Но это был и запах фронды – не оппозиции, не диссиденства, а фронды. Так смотрят на младших по возрасту, что вдруг стали начальниками. Человек видел их отцов, а теперь они сами стали Властью.
Поэтому можно было позволить себе череду прозрачных намёков и храм Христа Спасителя как символ потерянной любви, пионерский барабан и марш юных ленинцев как звук апокалиптической трубы, Моссельпром – не реальный, а из унылых рекламных стихов. Можно было себе позволить череду литературных значков на карте городов из которой будто зубы повышибали дома.
Что касается фронды, то она давно превратилась в официальное мнение. Ракурс изменился. Теперь фрондой стала мысль о том, что Бунин обменял Родину на чечевичную похлёбку эмиграции. Чечевичная похлёбка – это эвфемизм, слово-заместитель. Оно стоит на месте слова «жизнь».
Но время, скрипя внутренними механизмами, поворачивалось. Речь идёт не о распавшихся империях, а о гораздо более страшном превращении. Общественный интерес, также скрипя, медленно и неровно, поворачивался к картинке, образу.

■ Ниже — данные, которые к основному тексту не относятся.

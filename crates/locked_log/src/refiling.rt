//! The records that a store has from the start on, since a store before it had them.

ghost use Rattle.std.specs.Prelude.{◌≡◌, ◌<◌, ◌≤◌, ◌+◌, ◌^◌, [], IfOk, IfSome, OnOk, true, length, drop, take};
ghost use Rattle.std.specs.Prelude.{slice_get};
ghost use Rattle.history.specs.Seats.{AreOfSeats};
ghost use Rattle.locked_log.specs.Renews.{AreFiled, AreSeatsAgain, IsOpenedAgain};

use entry::NoMemory;
use history_row::Row;
use mark_word::{Mark, Pen, another};
use std::alloc::Global;
use std::sync::ledger::{Book, Share};
use store_seat::{Account, Naming, Seat, file};
use store_step::master::History;

/// A book with the same seats and first numbers, in which no seat has a record.
pub(crate) fn open_again(alloc: Global, old: &Vec<Account>) -> Result<Vec<Account>, NoMemory>
    ensures { IfOk result (λ b. IsOpenedAgain old.now.items b.items) }
{
    let mut book = Vec::new(alloc);
    for number in 0..old.len() {
        book.push(Account {
            first: old[number].first,
            count: 0,
        })?;
    }
    Ok(book)
}

/// The seats of this book, each with its part of the share and a pen of its own. They have no record.
pub(crate) fn seat_again<B: Naming>(
    alloc: Global,
    mark: &Mark,
    mut pen: Pen,
    mut share: Share<B>,
    old: &Vec<Account>,
) -> Result<Vec<Seat<B>>, NoMemory>
    requires mark { (mark.now.shared.table_id.words ≡ 1) × (mark.now.shared.table_id ≡ B.table) }
    requires pen { pen.table_id ≡ B.table }
    requires share { (share.parts ≡ length old.now.items) × (share.amount ≡ 0) }
    requires seats { length old.now.items ≡ B.made.seats }
    ensures { IfOk result (λ v. AreSeatsAgain old.now.items [] v.items) }
{
    let mut given = Vec::new(alloc);
    for number in 0..old.len() {
        let mine = share.split_off(1, 0);
        let own = another(mark, &mut pen);
        given.push(Seat::new(number as u64, old[number].first, mine, own))?;
    }
    Ok(given)
}

/// Files all records of a history from the row's first cell on. With NoMemory some of them are filed.
#[tactic(auto, using(crate::proofs::Anew::seat_within, crate::proofs::Anew::filed_all))]
pub(crate) fn file_all<B: Naming>(
    alloc: Global,
    history: &History,
    old: &Vec<Account>,
    row: &mut Row<B>,
    book: &mut Vec<Account>,
    total: &mut Book<B>,
    seats: &mut Vec<Seat<B>>,
) -> Result<(), NoMemory>
    requires kept { (history.now.forgotten ≤ B.start) × (B.start ≤ length history.now.records) }
    requires few { length history.now.records < 2 ^ 63 }
    requires room { length history.now.records ≤ B.start + length row.old }
    requires of_seats { AreOfSeats (length old.now.items) (drop B.start history.now.records) }
    requires none { AreFiled old.now.items [] row.old book.old.items total.old.total seats.old.items }
    ensures { OnOk result (AreFiled old.now.items (drop B.start history.now.records) row.new book.new.items
        total.new.total seats.new.items) }
{
    for i in 0..history.len() - row.start() {
        if !file_next(alloc, history, old, i, row, book, total, seats) {
            return Err(NoMemory);
        }
    }
    Ok(())
}

/// Files the next record of a history. Answers whether there was memory for its cell.
fn file_next<B: Naming>(
    alloc: Global,
    history: &History,
    _old: &Vec<Account>,
    i: usize,
    row: &mut Row<B>,
    book: &mut Vec<Account>,
    total: &mut Book<B>,
    seats: &mut Vec<Seat<B>>,
) -> bool
    requires within { B.start + i < length history.now.records }
    requires few { length history.now.records < 2 ^ 63 }
    requires kept { history.now.forgotten ≤ B.start }
    requires room { length history.now.records ≤ B.start + length row.old }
    requires seat { IfSome (slice_get history.now.records (B.start + i)) (λ r. r.seat < length _old.now.items) }
    requires filed { AreFiled _old.now.items (take i (drop B.start history.now.records)) row.old book.old.items
        total.old.total seats.old.items }
    ensures cells { length row.new ≡ length row.old }
    ensures filed { result ≡ true → AreFiled _old.now.items (take (i + 1) (drop B.start history.now.records)) row.new
        book.new.items total.new.total seats.new.items }
{
    let place = row.start() + i;
    let Some(what) = history.get(place) else {
        unreachable!()
    };
    let seat = &mut seats[what.seat as usize];
    let mut is_refused = false;
    file(
        alloc,
        row,
        book,
        total,
        &mut is_refused,
        seat,
        place as u64,
        &what,
    )
}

Знакомство с писателем перестало быть престижным. Писатель на этом посту заместился певцом, или, в лучшем случае, журналистом. Катаев только начал этот путь, покидая позицию «писатель» и двигаясь к позиции «свидетель».
Теперь приобщённость к высшему свету или истории достигается не мемуарами, а работой дорогостоящей, но понятной компьютерной машины. Так телевизионный человек Парфёнов влезает куда не попадя со своим поцелуем, куревом или полотенцем.
И никому уже не надо проверять парадоксы времени или путаницу с пространством.
Между тем Катаев давным-давно открыл великий закон нового времени – героем является тот человек, который рассказывает о событии. Его воспоминания похожи на авторскую программу о литературе. Комментатор важнее политика, оператор, следящий за происходящим в прицел телевизионной камеры – главнее их всех.